Why does $\sin(2^{k+1}x)=\sin(2\cdot2^kx)$

?

**DIOGYK** · September 23rd 2012, 12:59 PM

Originally Posted by BobRoss

Why does $\sin(2^{k+1}x)=\sin(2\cdot2^kx)$

?

For example:
$a^2*a^3=a^{2+3}=a^{5}.$ .
Similarly,
$\sin(2^1*2^kx)=\sin(2^{k+1}x)$

**BobRoss** · September 23rd 2012, 03:04 PM

Oh okay that makes sense. Then I can do the same thing with the term $2^{k+1}sinx$ to get $2 \cdot 2^{k}sinx$ And doing that makes the left side equal the right side, and that proves the equation, correct?

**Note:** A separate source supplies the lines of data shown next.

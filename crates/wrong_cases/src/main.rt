//! Runs cases of which each wants something wrong, so that a runner that passes over a difference
//! is seen: `stdout` says how many of how many fail, and `status` that the program ends with 1.
//!
//! It is `case_runner` as a program, and promises nothing.
#![tactic(auto)]

use case_runner::run_files;
use std::io;
use std::marker::Brand;
use std::process::ExitCode;
use std::sync::ledger::Blank;

fn main(rt: HostRuntime) -> io::Result<ExitCode> {
    run_files::<HostRuntime, Brand>(&rt, Blank::new(1))
}
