//! The order of rows, as definitions over plain lists: which cell stands before which (`Order`),
//! the place of a row (`Places`), when a key or an index is true, and what a statement leaves of
//! them (`Keys`).
//!
//! Contracts of the crates above cite them, and a reader checks them against docs/LANGUAGE.md.
//!
//! - `laws`: what follows from these definitions alone, each law on a function of its own.
//!
//! It stands on `dt_model`, and runs nothing but its laws.
#![tactic(auto)]

pub mod laws;
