// The record in a strip that was mended: judged, and its tiles written, through windows on the mended strip. Its first three cells are
// the head; a window from there on has whole groups of eight tiles, but for the last.
#![tactic(auto)]

ghost use Rattle.std.specs.Prelude.{◌≡◌, ◌++◌, ◌+◌, ◌*◌, ◌≤◌, length, drop};
ghost use Rattle.rules.specs.Refusal.{Within};
ghost use Rattle.level.specs.Sizes.{tiles_most};
ghost use Rattle.level.specs.Reading.{tiles_in};
ghost use Rattle.fields.specs.Head.{Heads};
ghost use Rattle.fields.specs.Judged.{JudgedAs, AcceptedAs};
ghost use Rattle.windows.specs.Windows.{Lent, record_in, WeighedAs};

use fields::head::Head;
use patches::Fixes;
use rules::Refusal;

// The bytes in front of the tiles.
const HEAD: usize = 3;

// Tiles in a full window.
const TILES: usize = 496;

// The fields in front of the tiles.
fn head(strip: &[u8], fixes: &Fixes, to: usize, scratch: &mut [u8]) -> Head
    requires { Lent strip.now to (length scratch.old) }
    ensures { Heads (record_in strip.now fixes.now to) result }
{
    patches::show(strip, fixes, 0, HEAD, scratch);
    fields::head::head_of(scratch)
}

// Over all windows: what the tiles add, if no bit is set from one of the record's bits on. (No counted loop: it goes on by as many cells as a
// window has.)
fn weigh(strip: &[u8], fixes: &Fixes, to: usize, bits: usize, scratch: &mut [u8]) -> Option<u64>
    requires { Lent strip.now to (length scratch.old) × (24 ≤ bits) }
    ensures { WeighedAs (record_in strip.now fixes.now to) bits result }
{
    let mut sum: u64 = 0;
    let mut from = HEAD;
    while from < to {
        let n = patches::show(strip, fixes, from, to, scratch);
        if !fields::shape::blank(&scratch[..n], bits.saturating_sub(8 * from)) {
            return None;
        }
        sum += tiles::count::tally(&scratch[..n]);
        from += n;
    }
    Some(sum)
}

// The record in the first cells of the mended strip judged, by a reader of versions up to one of them.
fn judge(
    upto: usize,
    strip: &[u8],
    fixes: &Fixes,
    lanes: usize,
    to: usize,
    scratch: &mut [u8],
) -> Result<Head, Refusal>
    requires { Lent strip.now to (length scratch.old) × Within 1 16 lanes }
    ensures { JudgedAs upto lanes (record_in strip.now fixes.now to) result }
{
    let f = head(strip, fixes, to, scratch);
    if !fields::head::head_ranged(upto, f.version, f.width, f.height) {
        return Err(Refusal::Fields);
    }
    let m = f.width * f.height;
    if !fields::shape::fits(to, lanes, m) {
        return Err(Refusal::Shape);
    }
    let Some(sum) = weigh(strip, fixes, to, 24 + 3 * m, scratch) else {
        return Err(Refusal::Shape);
    };
    fields::tile::sum_code(f.version, sum)?;
    Ok(f)
}

// The first m tiles of the record. (No counted loop: it goes on by as many tiles as a window has.)
fn unpack(strip: &[u8], fixes: &Fixes, to: usize, m: usize, tiles: &mut [u8], scratch: &mut [u8])
    requires { Lent strip.now to (length scratch.old) × (m ≤ tiles_most) × (24 + 3 * m ≤ 8 * to) × (m ≤ length tiles.old) }
    ensures { tiles.new ≡ tiles_in (record_in strip.now fixes.now to) m ++ drop m tiles.old }
{
    let mut from = HEAD;
    let mut t: usize = 0;
    while t < m {
        let n = patches::show(strip, fixes, from, to, scratch);
        let k = TILES.min(m - t);
        tiles::put::unpack(&scratch[..n], k, &mut tiles[t..]);
        from += n;
        t += k;
    }
}

// The record in the first cells of the mended strip judged; its tiles are written only where nothing is refused.
pub fn accept(
    upto: usize,
    strip: &[u8],
    fixes: &Fixes,
    lanes: usize,
    to: usize,
    tiles: &mut [u8],
    scratch: &mut [u8],
) -> Result<Head, Refusal>
    requires { Lent strip.now to (length scratch.old) × Within 1 16 lanes × (tiles_most ≤ length tiles.old) }
    ensures { AcceptedAs upto lanes (record_in strip.now fixes.now to) tiles.old tiles.new result }
{
    let judged = judge(upto, strip, fixes, lanes, to, scratch)?;
    unpack(
        strip,
        fixes,
        to,
        judged.width * judged.height,
        tiles,
        scratch,
    );
    Ok(judged)
}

**emakarov** · September 23rd 2012, 10:16 PM

Originally Posted by BobRoss

Oh okay that makes sense. Then I can do the same thing with the term $2^{k+1}sinx$ to get $2 \cdot 2^{k}sinx$ And doing that makes the left side equal the right side, and that proves the equation, correct?

Yes.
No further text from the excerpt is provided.